Work request:
From the data underneath, reproduce exactly the stretch that begins at the line with "let wanted = self.on.wanted();" and ends after the line with "the value itself.".

### Exercise inputs

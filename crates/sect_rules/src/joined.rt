// A reservation that was decided on, or that there is to be none: the configuration is decided next.

ghost use Rattle.std.specs.Prelude.{◌≡◌, map, slice_get, Option, Some, IfSome, option_copied};
ghost use Rattle.std.specs.List.{All};
ghost use Rattle.std.specs.Option.{option_map, option_and_then};
ghost use Rattle.sect_people.specs.Order.{sorted_by};
ghost use Rattle.sect_model.specs.Data.{CourseId as IdOfCourse};
ghost use Rattle.sect_model.specs.declared.pick.Pick.TheVariants.{Config as picks_config};
ghost use Rattle.sect_model.specs.World.{World as ValueOfWorld, reservation_of};
ghost use Rattle.sect_model.specs.Path.{options_at};
ghost use Rattle.sect_model.specs.Rules.{leaf_of};
ghost use Rattle.sect_moment.specs.Found.{IsChosen, IsConfig, id_of};
ghost use Rattle.sect_rules.specs.Wanted.{joined_path, met};

use crate::nth::Ordered;
use crate::on_course::OnCourse;
use crate::parted::id_of;
use sect_base::{ReservationId, Rule};
use sect_catalog::ConfigRow;
use sect_reserve::Reservation;
use std::marker::Model;

/// A reservation decided on for a course, or that there is to be none, of which contracts see both, with the configurations of
/// the offering.
#[derive(Drop)]
pub struct Joined<'a> {
    on: &'a OnCourse<'a>,
    row: Option<&'a Reservation>,
    rows: Ordered<'a, ConfigRow>,
}

impl<'a> Model for Joined<'a> {
    ghost use Rattle.std.specs.Prelude.{◌≡◌, Some};
    ghost use Rattle.std.specs.List.{All};
    ghost use Rattle.sect_moment.specs.Found.{IsChosen, IsConfig, id_of};
    ghost use Rattle.sect_rules.specs.Wanted.{Joined as Value_of, configs_on};

    ghost Value = { Value_of };

    ghost view = { λ s. record { on = s.on.now; id = id_of s.row } };

    ghost invariant = { λ s. IsChosen s.on.now.wanted.world s.row
        × (s.rows ≡ configs_on s.on.now.wanted.world s.on.now.course)
        × All (IsConfig s.on.now.wanted.world (Some s.on.now.course)) s.rows };
}

impl<'a> Joined<'a> {
    /// What is behind the choice of the reservation of this row, or of none.
    #[inline(always)]
    pub fn new(on: &'a OnCourse<'a>, row: Option<&'a Reservation>) -> Joined<'a>
        requires { IsChosen on.now.wanted.world row }
        ensures { result ≡ record { on = on.now; id = id_of row.entry } }
    {
        let rows = Ordered::new(on.configs());
        Joined { on, row, rows }
    }

    /// The course.
    #[inline(always)]
    pub fn on(&self) -> &'a OnCourse<'a>
        ensures { result.now ≡ self.now.on }
    {
        self.on
    }

    /// The id of the reservation, None where there is to be none.
    #[inline(always)]
    pub fn id(&self) -> Option<ReservationId>
        ensures { result ≡ self.now.id }
    {
        id_of(self.row)
    }

    /// The reservation, as the student meets it.
    #[inline(always)]
    pub fn row(&self) -> Option<&'a Reservation>
        ensures { option_copied result ≡ option_and_then (reservation_of (met self.now.on.wanted)) self.now.id }
    {
        self.row
    }

    /// The configuration that `i` others precede by id. None exactly past the last.
    #[inline(always)]
    pub fn config(&self, i: usize) -> Option<&'a ConfigRow>
        ensures value { option_map (λ row. picks_config row.now.id) result ≡ slice_get (options_at self.now.on.wanted.world self.now.on.wanted.mv (joined_path self.now)) i }
        ensures row { IfSome result (λ row. IsConfig self.now.on.wanted.world (Some self.now.on.course) row.now) }
    {
        self.on.wanted().recall_want();
        config_at(&self.rows, i)
    }

    /// The first rule that the choice of the configuration breaks, with its number. It takes no memory.
    pub fn broken(&self, row: &ConfigRow) -> Option<(Rule, u32)>
        requires { IsConfig self.now.on.wanted.world (Some self.now.on.course) row.now }
        ensures { result ≡ leaf_of self.now.on.wanted.world self.now.on.wanted.mv (joined_path self.now) (picks_config row.now.id) }
    {
        let wanted = self.on.wanted();
        wanted.recall_want();
        match self.on.ground() {
            Some(ground) => {
                wanted
                    .moment()
                    .config_rule(ground, self.on.course(), self.row, row)
            }
            None => None,
        }
    }
}

/// The configuration that `i` others precede by id. None exactly past the last.
#[inline(always)]
fn config_at<'a>(rows: &Ordered<'a, ConfigRow>, i: usize) -> Option<&'a ConfigRow>
    ensures value { option_map (λ row. picks_config row.now.id) result ≡ slice_get (map (λ g. picks_config g.id) (sorted_by (λ g. g.id.0) rows.now)) i }
    ensures row { (w : ValueOfWorld) (course : Option IdOfCourse) → All (IsConfig w course) rows.now → IfSome result (λ row. IsConfig w course row.now) }
{
    let row = rows.get(i)?;
    Some(row)
}
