// The decisions made so far, in the value itself.

ghost use Rattle.std.specs.Prelude.{◌≡◌, ◌<◌, ◌≤◌, ◌++◌, ◌∷◌, [], length, Contains};
ghost use Rattle.sect_model.specs.Path.{
  start as start_path,
  extend,
  close as closed,
  options_at,
  sections_due,
};
ghost use Rattle.sect_model.specs.Stands.{MoveStands};
ghost use Rattle.sect_moment.specs.Completed.{opened};
ghost use Rattle.sect_rules.specs.Added.{with_section};

use crate::rows::subparts_at;
use sect_base::{Choice, ConfigId, CourseId, Move, ReservationId, SectionId, Sections};
use sect_model::Pick;
use sect_moment::ground_of;
use sect_space::World;
use std::marker::Model;

/// What a path has beside its cells: how many of them are choices, and the decisions for the next want.
#[derive(Clone, Copy)]
struct Decisions {
    len: u8,
    course: Option<CourseId>,
    reservation: Option<Option<ReservationId>>,
    config: Option<ConfigId>,
    sections: Sections,
}

/// The choices that are complete, at most N, and the decisions for the next want. It lies in the
/// value itself, so nothing that is done with it takes memory.
#[derive(Drop)]
pub struct PathOf<const N: usize> {
    // Those behind the first `len` stand for nothing. Each function that reads the decisions alone names
    // the cells first: the proof knows their type only there.
    cells: [Choice; N],
    decisions: Decisions,
}

impl<const N: usize> Model for PathOf<N> {
    ghost use Rattle.std.specs.Prelude.{take, ◌≤◌};
    ghost use Rattle.sect_model.specs.Path.{Path as Value_of};

    ghost Value = { Value_of };

    ghost view = { λ p. record { done = take p.decisions.len p.cells; course = p.decisions.course; reservation = p.decisions.reservation; config = p.decisions.config; sections = p.decisions.sections } };

    ghost invariant = { λ p. (p.decisions.len ≤ N) × (N ≤ 20) };
}

/// The path of a move that takes at most four.
pub type Path = PathOf<4>;

impl<const N: usize> PathOf<N> {
    /// The path with no decision.
    pub fn start() -> PathOf<N>
        requires { N ≤ 20 }
        ensures { result ≡ start_path }
    {
        let nothing = Choice {
            course: CourseId(0),
            reservation: None,
            config: ConfigId(0),
            sections: Sections::empty(),
        };
        PathOf {
            cells: [nothing; N],
            decisions: Decisions {
                len: 0,
                course: None,
                reservation: None,
                config: None,
                sections: Sections::empty(),
            },
        }
    }

    /// The choices that are complete.
    pub fn done(&self) -> &[Choice]
        ensures value { result.now ≡ self.now.done }
        ensures room { length result.now ≤ N }
        ensures bound { length result.now ≤ 20 }
    {
        &self.cells[..usize::from(self.decisions.len)]
    }

    /// The course decided on for the next want, if one was.
    pub fn course(&self) -> Option<CourseId>
        ensures { result ≡ self.now.course }
    {
        let _ = &self.cells;
        self.decisions.course
    }

    /// The reservation decided on, or that there is to be none, if that was decided.
    pub fn reservation(&self) -> Option<Option<ReservationId>>
        ensures { result ≡ self.now.reservation }
    {
        let _ = &self.cells;
        self.decisions.reservation
    }

    /// The configuration decided on, if one was.
    pub fn config(&self) -> Option<ConfigId>
        ensures { result ≡ self.now.config }
    {
        let _ = &self.cells;
        self.decisions.config
    }

    /// The sections decided on for the next want.
    pub fn sections(&self) -> Sections
        ensures { result ≡ self.now.sections }
    {
        let _ = &self.cells;
        self.decisions.sections
    }

    /// The path of these choices, with no decision for the next want.
    fn of(done: &[Choice]) -> PathOf<N>
        requires room { length done.now ≤ N }
        requires limit { N ≤ 20 }
        ensures { result ≡ opened done.now }
    {
        let mut path = PathOf::start();
        for choice in done {
            path.push(*choice);
        }
        path
    }

    /// The path of these choices and one more, with no decision for the next want.
    pub fn made(done: &[Choice], choice: Choice) -> PathOf<N>
        requires room { length done.now < N }
        requires limit { N ≤ 20 }
        ensures { result ≡ opened (done.now ++ choice ∷ []) }
    {
        let mut path = PathOf::of(done);
        path.push(choice);
        path
    }

    /// The same path, as a value of its own.
    fn copied(&self) -> PathOf<N>
        ensures { result ≡ self.now }
    {
        let _ = &self.cells;
        let mut path = PathOf::of(self.done());
        path.decisions.course = self.decisions.course;
        path.decisions.reservation = self.decisions.reservation;
        path.decisions.config = self.decisions.config;
        path.decisions.sections = self.decisions.sections;
        path
    }

    /// Puts a choice behind those that are complete.
    fn push(&mut self, choice: Choice)
        requires { length self.old.done < N }
        ensures { self.new ≡ record self.old { done = self.old.done ++ choice ∷ [] } }
    {
        self.cells[usize::from(self.decisions.len)] = choice;
        self.decisions.len += 1;
    }

    /// Makes a choice of the decisions for the want, where a configuration was decided on.
    fn close(&mut self)
        requires { length self.old.done < N }
        ensures { self.new ≡ closed self.old self.old.course self.old.reservation self.old.config }
    {
        if let (Some(course), Some(reservation), Some(config)) = (
            self.decisions.course,
            self.decisions.reservation,
            self.decisions.config,
        ) {
            self.push(Choice {
                course,
                reservation,
                config,
                sections: self.decisions.sections,
            });
            self.decisions.course = None;
            self.decisions.reservation = None;
            self.decisions.config = None;
            self.decisions.sections = Sections::empty();
        }
    }

    /// Puts a section behind the others, and makes a choice of the decisions where as many as are
    /// due are there.
    fn add(&mut self, section: SectionId, due: usize)
        requires sections { length self.old.sections < 6 }
        requires done { length self.old.done < N }
        ensures { self.new ≡ with_section due self.old section }
    {
        self.decisions.sections.push(section);
        if due <= self.decisions.sections.len() {
            self.close();
        }
    }

    /// Makes one decision more, which is one of the options, where it is known how many sections are due.
    pub(crate) fn extend(&mut self, world: &World, mv: &Move, pick: Pick, due: usize)
        requires room { length mv.now.take ≤ N }
        requires option { Contains (options_at world.now.world mv.now self.old) pick }
        requires due { due ≡ sections_due world.now.world self.old.course self.old.config }
        ensures { self.new ≡ extend world.now.world self.old pick }
    {
        let _ = mv;
        world.recall_kept();
        let _ = &self.cells;
        match pick {
            Pick::Course(course) => self.decisions.course = Some(course),
            Pick::Reservation(id) => self.decisions.reservation = Some(id),
            Pick::Config(config) => self.decisions.config = Some(config),
            Pick::Section(section) => self.add(section, due),
        }
    }

    /// The path with one decision more, which is one of its options.
    pub fn extended(&self, world: &World, mv: &Move, pick: Pick) -> PathOf<N>
        requires room { length mv.now.take ≤ N }
        requires option { Contains (options_at world.now.world mv.now self.now) pick }
        ensures { result ≡ extend world.now.world self.now pick }
    {
        let ground = ground_of(world, self.course());
        let subparts = subparts_at(world, self.course(), ground, self.config());
        let mut path = self.copied();
        path.extend(world, mv, pick, subparts.len());
        path
    }
}
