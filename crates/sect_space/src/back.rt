// What is kept of a change so that it can be taken back, and what a change concerns.

use sect_base::{
    Cap, Day, Items, Limit, OfferingId, ReservationId, RestrictionId, SectionId, StudentId,
};
use sect_model::Enrolment;
use sect_people::{Ask, StudentRow};
use sect_reserve::{Reservation, Restriction};

/// A change that was made, with what stood there before it.
#[derive(Drop)]
pub enum Back {
    /// The offering is the last.
    OfferingAdded(OfferingId),
    /// The student is the last.
    StudentAdded(StudentId),
    /// The old row.
    StudentReplaced(StudentRow),
    /// The old requests.
    RequestsReplaced(StudentId, Items<Ask>),
    ReservationAdded(ReservationId, OfferingId),
    /// The place among those of the offering, and the row.
    ReservationRemoved(usize, Reservation),
    /// The offering, and the old expiry day.
    ExpiryReplaced(ReservationId, Option<OfferingId>, Option<Day>),
    RestrictionAdded(RestrictionId, OfferingId),
    /// The place among those of the offering, and the row.
    RestrictionRemoved(usize, Restriction),
    /// The offering, and the old limit.
    LimitReplaced(Cap, Option<OfferingId>, Limit),
    /// The section is the last that was cancelled, and stands in this offering.
    SectionCancelled(SectionId, Option<OfferingId>),
    /// The old day and the new one.
    DayReplaced(Day, Day),
    /// The enrolment is the last of this student, and in this offering.
    Enrolled(StudentId, Option<OfferingId>),
    /// The place among those of the student, the enrolment, and its offering.
    Left(usize, Enrolment, Option<OfferingId>),
}

/// What a change concerns: a student, an offering, both, or the old day and the new one.
#[derive(Clone, Copy, PartialEq, Eq)]
pub struct Mark {
    pub student: Option<StudentId>,
    pub offering: Option<OfferingId>,
    pub days: Option<(Day, Day)>,
}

######

Final answer:
        let wanted = self.on.wanted();
        wanted.recall_want();
        match self.on.ground() {
            Some(ground) => {
                wanted
                    .moment()
                    .config_rule(ground, self.on.course(), self.row, row)
            }
            None => None,
        }
    }
}

/// The configuration that `i` others precede by id. None exactly past the last.
#[inline(always)]
fn config_at<'a>(rows: &Ordered<'a, ConfigRow>, i: usize) -> Option<&'a ConfigRow>
    ensures value { option_map (λ row. picks_config row.now.id) result ≡ slice_get (map (λ g. picks_config g.id) (sorted_by (λ g. g.id.0) rows.now)) i }
    ensures row { (w : ValueOfWorld) (course : Option IdOfCourse) → All (IsConfig w course) rows.now → IfSome result (λ row. IsConfig w course row.now) }
{
    let row = rows.get(i)?;
    Some(row)
}
// The decisions made so far, in the value itself.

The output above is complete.